**AIM OF THE TASK**: For this exercise, repeat the listing below from its first line through the line containing "const LONGEST_PAUSE: u64 = 20;", exactly as written.

**THE INPUT**:
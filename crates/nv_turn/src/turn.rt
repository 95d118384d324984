// The lock: how a thread comes in and leaves, waits, and how passes are joined.
ghost use Rattle.std.specs.Prelude.{◌≡◌, ◌<◌, ◌⊎◌, ℕ, true, false, List, [], ◌∷◌, ◌++◌, length, Some, None};
ghost use Rattle.nv_turn.specs.Story.{Has, HasEachUpTo, AddsOneAtMost, entries_by, longer_of};
ghost use Rattle.nv_turn.specs.Passes.{IsSamePass, SeesMore};
ghost use Rattle.nv_turn.specs.inside.Rule.{first_seen, numbers_carried, longest_seen, EachKnows};
ghost use Rattle.nv_turn.specs.inside.Steps.{looking_view, joined_view};
ghost use Rattle.nv_turn.specs.inside.Seats.{pass_of, IsSeated};

use crate::held::Held;
use crate::pass::Pass;
use crate::plays::{Both, Give, Look, Merge, Publish, Take};
use crate::rule::{Key, Ruled};
use crate::story::Story;
use crate::view::View;
use atomic_table::{Seat, Table};
use std::alloc::Global;
use std::hint::spin_loop;
use std::marker::Model;
use std::sync::Wait;
use std::sync::atomic::{AtomicU64, Ordering};
use std::time::Duration;

// How often a thread that finds the turn held looks whether it was given back, with a pause of the
// processor at each look, before it sleeps: for about as long as an event takes.
const LOOKS: u32 = 60;

// How often it tries again before it sleeps, where others are quicker each time.
const TRIES: u32 = 4;

// For how many milliseconds `wait` sleeps at most. A value that can take no more entries wakes
// nobody.
const LONGEST_PAUSE: u64 = 20;

/// A value that one pass at a time may hold, and its story. Threads share it by reference.
///
/// A thread that finds the turn held looks for a while whether it comes free before it sleeps. A
/// thread that is about to sleep counts itself and then looks whether it has to; whoever gives
/// the turn back or adds an entry does so and then looks at the count. So no wake is lost, and
/// where nobody sleeps none is made.
pub struct Turn<T: Story> {
    pub(crate) table: Table<Option<T>, View<T::Entry, T::Start>, Key<T>, Ruled<T>, Global>,
    // Who sleeps until the turn is free, and who until there is one more entry.
    pub(crate) for_turn: AtomicU64,
    pub(crate) for_entry: AtomicU64,
    // 1 from just after the turn was taken until just before it is given back. It says when to try,
    // and nothing rests on it.
    pub(crate) busy: AtomicU64,
}

impl<T: Story> Model for Turn<T> {
    ghost use Rattle.std.specs.Prelude.{◌≡◌, ◌<◌};
    ghost use Rattle.nv_turn.specs.Passes.{TurnState};

    ghost Value = { TurnState };

    ghost view = { λ t. record {
      turn = t.table.shared.table_id;
      passes = t.table.shared.key.passes;
    } };

    ghost invariant = { λ t. (t.table.shared.table_id.words ≡ 3)
        × (t.table.shared.table_id.slots ≡ 1) × (0 < t.table.shared.key.passes) };
}

impl<T: Story> Turn<T> {
    /// Waits for the turn, and takes it with the value.
    pub fn enter<R: Wait>(&self, rt: &R, pass: Pass<T>) -> Held<'_, T>
        requires { pass.turn ≡ self.now.turn }
        ensures pass { IsSamePass pass result.pass }
        ensures sees { SeesMore T.caller pass result.pass }
        ensures story { T.stands result.value result.pass.seen }
        ensures start { pass.start ≡ Some (T.start result.value) }
        ensures number { Has pass.number pass.numbers }
    {
        let Pass {
            mut seat,
            number,
            count: _,
        } = pass;
        let shared = &self.table.shared;
        let mut tries = 0;
        for _ in rt.forever() {
            if shared.compare_exchange::<Take<T>>(&mut seat, 0, 0, 1) == 0 {
                return self.taken(seat, number);
            }
            if tries < TRIES && self.frees_soon() {
                tries += 1;
                continue;
            }
            tries = 0;
            self.for_turn.fetch_add(1, Ordering::SeqCst);
            shared.park(rt, 0, 1);
            self.for_turn.fetch_sub(1, Ordering::SeqCst);
        }
        unreachable!()
    }

    // Whether the turn was given back while this looked.
    fn frees_soon(&self) -> bool {
        for _ in 0..LOOKS {
            if self.busy.load(Ordering::SeqCst) == 0 {
                return true;
            }
            spin_loop();
        }
        false
    }

    // The turn was taken. Reads how long the story is, and takes the value out of the slot.
    fn taken(&self, mut seat: Seat<Option<T>, View<T::Entry, T::Start>>, number: u32) -> Held<'_, T>
        requires turn { seat.table_id ≡ self.now.turn }
        requires holder { (seat.me.0.holds ≡ true) × Has number (numbers_carried seat.me.0) }
        requires slot { (y : T) × (seat.me.1 ≡ (0, Some y) ∷ []) }
        ensures value { seat.me.1 ≡ (0, Some result.value) ∷ [] }
        ensures pass { result.pass ≡ pass_of seat.table_id number seat.me.0 }
    {
        self.busy.store(1, Ordering::SeqCst);
        let count = self.table.shared.load::<Look<T>>(&mut seat, 1);
        let slot = self.table.shared.exchange(&mut seat, 0, None);
        let Some(value) = slot else { unreachable!() };
        Held {
            turn: self,
            seat,
            value,
            number,
            count,
        }
    }

    // The value in the slot has one more entry: the story gets it, and then the turn is given back.
    pub(crate) fn add(
        &self,
        mut seat: Seat<Option<T>, View<T::Entry, T::Start>>,
        number: u32,
        told: u64,
    ) -> Pass<T>
        requires turn { seat.table_id ≡ self.now.turn }
        requires holder { (seat.me.0.holds ≡ true) × Has number (numbers_carried seat.me.0) }
        requires entry { (y : T) × (e : T.Entry) × (seat.me.1 ≡ (0, Some y) ∷ [])
            × (T.caller e ≡ number) × T.stands y (first_seen seat.me.0.notes ++ e ∷ [])
            × (seat.me.0.start ≡ Some (T.start y))
            × (told ≡ length (first_seen seat.me.0.notes ++ e ∷ [])) }
        ensures pass { IsSamePass (pass_of seat.table_id number seat.me.0) result }
        ensures seen { (y : T) (e : T.Entry) → seat.me.1 ≡ (0, Some y) ∷ []
            → T.stands y (first_seen seat.me.0.notes ++ e ∷ [])
            → result.seen ≡ first_seen seat.me.0.notes ++ e ∷ [] }
    {
        self.table.shared.fetch_add::<Publish<T>>(&mut seat, 1, 1);
        let pass = self.give(seat, number, told);
        if self.for_entry.load(Ordering::SeqCst) != 0 {
            self.table.shared.wake_all(1);
        }
        pass
    }

    // Gives the turn back, with the value in the slot.
    pub(crate) fn give(
        &self,
        mut seat: Seat<Option<T>, View<T::Entry, T::Start>>,
        number: u32,
        count: u64,
    ) -> Pass<T>
        requires turn { seat.table_id ≡ self.now.turn }
        requires holder { (seat.me.0.holds ≡ true) × IsSeated seat.me.0 number count }
        requires value { (y : T) × (seat.me.1 ≡ (0, Some y) ∷ [])
            × T.stands y (first_seen seat.me.0.notes) × (seat.me.0.start ≡ Some (T.start y)) }
        ensures { result ≡ pass_of seat.table_id number seat.me.0 }
    {
        self.busy.store(0, Ordering::SeqCst);
        self.table.shared.store::<Give>(&mut seat, 0, 0);
        if self.for_turn.load(Ordering::SeqCst) != 0 {
            self.table.shared.wake_one(0);
        }
        Pass {
            seat,
            number,
            count,
        }
    }

    /// Waits for an entry that the pass hasn't seen, for 20 milliseconds at most, and looks at the
    /// story. It may also come back with nothing new.
    pub fn wait<R: Wait>(&self, rt: &R, pass: Pass<T>) -> Pass<T>
        requires { pass.turn ≡ self.now.turn }
        ensures pass { IsSamePass pass result }
        ensures sees { SeesMore T.caller pass result }
    {
        let Pass {
            mut seat,
            number,
            count,
        } = pass;
        let known = (count & 0xffff_ffff) as u32;
        let pause = Duration::from_millis(LONGEST_PAUSE);
        self.for_entry.fetch_add(1, Ordering::SeqCst);
        self.table.shared.park_timeout(rt, 1, known, pause);
        self.for_entry.fetch_sub(1, Ordering::SeqCst);
        let count = self.table.shared.load::<Look<T>>(&mut seat, 1);
        Pass {
            seat,
            number,
            count,
        }
    }

    /// Makes one pass of two, with the number of the first and the own entries of both.
    pub fn join(&self, a: Pass<T>, b: Pass<T>) -> Pass<T>
        requires turn { (a.turn ≡ self.now.turn) × (b.turn ≡ self.now.turn) }
        ensures pass { (result.turn ≡ a.turn) × (result.number ≡ a.number)
            × (result.start ≡ a.start) }
        ensures numbers { result.numbers ≡ a.numbers ++ b.numbers }
        ensures one { SeesMore T.caller a result }
        ensures other { SeesMore T.caller b result }
        ensures longer { result.seen ≡ longer_of a.seen b.seen }
    {
        let Pass {
            mut seat,
            number,
            count,
        } = a;
        let Pass {
            seat: other,
            number: _,
            count: other_count,
        } = b;
        self.put_together(&mut seat, other);
        Pass {
            seat,
            number,
            count: count.max(other_count),
        }
    }

    // The first seat takes over what the second one knows, and makes one note of all.
    fn put_together(
        &self,
        seat: &mut Seat<Option<T>, View<T::Entry, T::Start>>,
        other: Seat<Option<T>, View<T::Entry, T::Start>>,
    )
        requires turn { (seat.old.table_id ≡ self.now.turn) × (other.table_id ≡ self.now.turn) }
        requires rest { (seat.old.me.0.holds ≡ false) × (other.me.0.holds ≡ false)
            × (other.me.1 ≡ []) }
        requires number { (n : ℕ) × Has n (numbers_carried seat.old.me.0) }
        ensures turn { seat.new.table_id ≡ seat.old.table_id }
        ensures view { seat.new.me ≡ (
          looking_view
              (longest_seen (joined_view seat.old.me.0 other.me.0).notes)
              (joined_view seat.old.me.0 other.me.0),
          seat.old.me.1,
        ) }
        ensures knows { EachKnows T.caller (longest_seen (seat.old.me.0.notes ++ other.me.0.notes))
            (seat.old.me.0.notes ++ other.me.0.notes) }
    {
        self.table.shared.join_seat::<Both>(seat, other);
        self.table.shared.load::<Merge<T>>(seat, 0);
    }

    /// Gives the value back once all passes were joined into the last one. Each entry of the story
    /// then has the number of one of them.
    pub fn close(self, last: Pass<T>) -> T
        requires turn { last.turn ≡ self.turn }
        requires all { HasEachUpTo self.passes last.numbers }
        ensures seen { T.stands result last.seen }
        ensures start { last.start ≡ Some (T.start result) }
        ensures callers { (c : ℕ) → (c ≡ 0) ⊎ (self.passes < c)
            → entries_by T.caller c last.seen ≡ [] }
    {
        let Turn {
            table,
            for_turn: _,
            for_entry: _,
            busy: _,
        } = self;
        let Pass {
            seat,
            number: _,
            count: _,
        } = last;
        let mut closed = table.close_with(seat);
        let slot = closed.take(0);
        closed.free();
        let Some(value) = slot else { unreachable!() };
        value
    }
}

**TASK ANSWER**:
filename crates/nv_turn/src/turn.rt
repository 95d118384d324984
// The lock: how a thread comes in and leaves, waits, and how passes are joined.
ghost use Rattle.std.specs.Prelude.{◌≡◌, ◌<◌, ◌⊎◌, ℕ, true, false, List, [], ◌∷◌, ◌++◌, length, Some, None};
ghost use Rattle.nv_turn.specs.Story.{Has, HasEachUpTo, AddsOneAtMost, entries_by, longer_of};
ghost use Rattle.nv_turn.specs.Passes.{IsSamePass, SeesMore};
ghost use Rattle.nv_turn.specs.inside.Rule.{first_seen, numbers_carried, longest_seen, EachKnows};
ghost use Rattle.nv_turn.specs.inside.Steps.{looking_view, joined_view};
ghost use Rattle.nv_turn.specs.inside.Seats.{pass_of, IsSeated};

use crate::held::Held;
use crate::pass::Pass;
use crate::plays::{Both, Give, Look, Merge, Publish, Take};
use crate::rule::{Key, Ruled};
use crate::story::Story;
use crate::view::View;
use atomic_table::{Seat, Table};
use std::alloc::Global;
use std::hint::spin_loop;
use std::marker::Model;
use std::sync::Wait;
use std::sync::atomic::{AtomicU64, Ordering};
use std::time::Duration;

// How often a thread that finds the turn held looks whether it was given back, with a pause of the
// processor at each look, before it sleeps: for about as long as an event takes.
const LOOKS: u32 = 60;

// How often it tries again before it sleeps, where others are quicker each time.
const TRIES: u32 = 4;

// For how many milliseconds `wait` sleeps at most. A value that can take no more entries wakes
// nobody.
const LONGEST_PAUSE: u64 = 20;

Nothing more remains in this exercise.